- _What needs to be done_
Whenever a line below holds the word "FaultWord", copy that line.

- _Records supplied_
•••••
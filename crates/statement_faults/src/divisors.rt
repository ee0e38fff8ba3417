//! Numbers behind `div` and `mod` that are 0.

ghost use Rattle.std.specs.Prelude.{◌≡◌, ◌++◌, ℕ, List, map};
ghost use Rattle.rule_syntax.specs.Tree.{sums, products, arguments, formulas};
ghost use Rattle.rule_syntax.specs.View.{expr_view, sum_view, product_view, argument_view, formula_view};
ghost use Rattle.problem_data.specs.View.{body_view};
ghost use Rattle.problem_data.specs.Divisors.{zero_at, lesser, least_in, expr_zeros, sums_zeros, sum_zeros, products_zeros, product_zeros, arguments_zeros, argument_zeros, formula_zeros, formulas_zeros, body_zeros};
ghost use Rattle.problem_data.specs.Faults.{divisor_at};

use geo_tokens::fault::FaultWord;
use problem_data::fault::Fault;
use problem_data::tree::MacroBody;
use rule_syntax::tree::{Argument, Expr, Formula, ProdStep, SumStep};

fn lesser_place(a: Option<u64>, b: Option<u64>) -> Option<u64>
    ensures { result ≡ lesser a b }
{
    match (a, b) {
        (Some(m), Some(n)) => Some(if m <= n { m } else { n }),
        (Some(m), None) => Some(m),
        (None, n) => n,
    }
}

/// The lesser of two places, where there are any: the least of two lists, from the least of each.
fn lesser(a: Option<u64>, b: Option<u64>) -> Option<u64>
    ensures value { result ≡ lesser a b }
    ensures lists { (ms ns : List ℕ) → a ≡ least_in ms → b ≡ least_in ns
        → result ≡ least_in (ms ++ ns) }
{
    lesser_place(a, b)
}

fn zero_at(place: u64, n: u32) -> Option<u64>
    ensures { result ≡ least_in (zero_at place n) }
{
    if n == 0 { Some(place) } else { None }
}

/// The least place of a divisor that is 0 in an expression.
#[cycle(zeros)]
fn expr_zero(e: &Expr) -> Option<u64>
    ensures { result ≡ least_in (expr_zeros (expr_view e.now)) }
{
    match e {
        Expr::Num(_, _) => None,
        Expr::Field(_, _, _) => None,
        Expr::Param(_) => None,
        Expr::ShapeNum(_, _) => None,
        Expr::Neg(_, inner) => expr_zero(inner),
        Expr::Sum(_, first, steps) => {
            let one = expr_zero(first);
            let others = sums_zero(steps.as_slice());
            lesser(one, others)
        }
        Expr::Prod(_, first, steps) => {
            let one = expr_zero(first);
            let others = products_zero(steps.as_slice());
            lesser(one, others)
        }
        Expr::Min(_, first, second) => {
            let one = expr_zero(first);
            let other = expr_zero(second);
            lesser(one, other)
        }
        Expr::Max(_, first, second) => {
            let one = expr_zero(first);
            let other = expr_zero(second);
            lesser(one, other)
        }
        Expr::CallValue(_, _, given) => arguments_zero(given.as_slice()),
    }
}

#[cycle(zeros)]
fn sums_zero(steps: &[SumStep]) -> Option<u64>
    ensures { result ≡ least_in (sums_zeros (sums (map sum_view steps.now))) }
{
    let mut found = None;
    'steps: for step in steps {
        let here = sum_zero(step);
        found = lesser(found, here);
    }
    found
}

#[cycle(zeros)]
fn sum_zero(step: &SumStep) -> Option<u64>
    ensures { result ≡ least_in (sum_zeros (sum_view step.now)) }
{
    match step {
        SumStep::Plus(term) => expr_zero(term),
        SumStep::Minus(term) => expr_zero(term),
    }
}

#[cycle(zeros)]
fn products_zero(steps: &[ProdStep]) -> Option<u64>
    ensures { result ≡ least_in (products_zeros (products (map product_view steps.now))) }
{
    let mut found = None;
    'steps: for step in steps {
        let here = product_zero(step);
        found = lesser(found, here);
    }
    found
}

#[cycle(zeros)]
fn product_zero(step: &ProdStep) -> Option<u64>
    ensures { result ≡ least_in (product_zeros (product_view step.now)) }
{
    match step {
        ProdStep::Times(factor) => expr_zero(factor),
        ProdStep::Div(place, n) => zero_at(*place, *n),
        ProdStep::Mod(place, n) => zero_at(*place, *n),
    }
}

#[cycle(zeros)]
fn arguments_zero(given: &[Argument]) -> Option<u64>
    ensures { result ≡ least_in (arguments_zeros (arguments (map argument_view given.now))) }
{
    let mut found = None;
    'arguments: for argument in given {
        let here = argument_zero(argument);
        found = lesser(found, here);
    }
    found
}

#[cycle(zeros)]
fn argument_zero(argument: &Argument) -> Option<u64>
    ensures { result ≡ least_in (argument_zeros (argument_view argument.now)) }
{
    let Argument { place: _, value } = argument;
    expr_zero(value)
}

/// The least place of a divisor that is 0 in a formula.
#[cycle(formula_zeros)]
pub fn formula_zero(formula: &Formula) -> Option<u64>
    ensures { result ≡ least_in (formula_zeros (formula_view formula.now)) }
{
    match formula {
        Formula::True(_) => None,
        Formula::False(_) => None,
        Formula::Not(_, inner) => formula_zero(inner),
        Formula::And(_, parts) => formulas_zero(parts.as_slice()),
        Formula::Or(_, parts) => formulas_zero(parts.as_slice()),
        Formula::Implies(_, first, second) => {
            let one = formula_zero(first);
            let other = formula_zero(second);
            lesser(one, other)
        }
        Formula::Iff(_, first, second) => {
            let one = formula_zero(first);
            let other = formula_zero(second);
            lesser(one, other)
        }
        Formula::Compare(_, left, _, right) => {
            let one = expr_zero(left);
            let other = expr_zero(right);
            lesser(one, other)
        }
        Formula::Quant(_, _, _, _, body) => formula_zero(body),
        Formula::Call(_, _, given) => arguments_zero(given.as_slice()),
    }
}

#[cycle(formula_zeros)]
fn formulas_zero(parts: &[Formula]) -> Option<u64>
    ensures { result ≡ least_in (formulas_zeros (formulas (map formula_view parts.now))) }
{
    let mut found = None;
    'parts: for part in parts {
        let here = formula_zero(part);
        found = lesser(found, here);
    }
    found
}

/// The least place of a divisor that is 0 in the body of a macro.
pub fn body_zero(body: &MacroBody) -> Option<u64>
    ensures { result ≡ least_in (body_zeros (body_view body.now)) }
{
    match body {
        MacroBody::Means(formula) => formula_zero(formula),
        MacroBody::Is(value) => expr_zero(value),
    }
}

/// The fault at the least place of a divisor that is 0.
pub fn divisor_fault(zero: Option<u64>) -> Option<Fault>
    ensures { result ≡ divisor_at zero }
{
    match zero {
        Some(place) => Some(Fault {
            place,
            word: FaultWord::Limit,
        }),
        None => None,
    }
}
•••••
- _Written solution_
use geo_tokens::fault::FaultWord;
            word: FaultWord::Limit,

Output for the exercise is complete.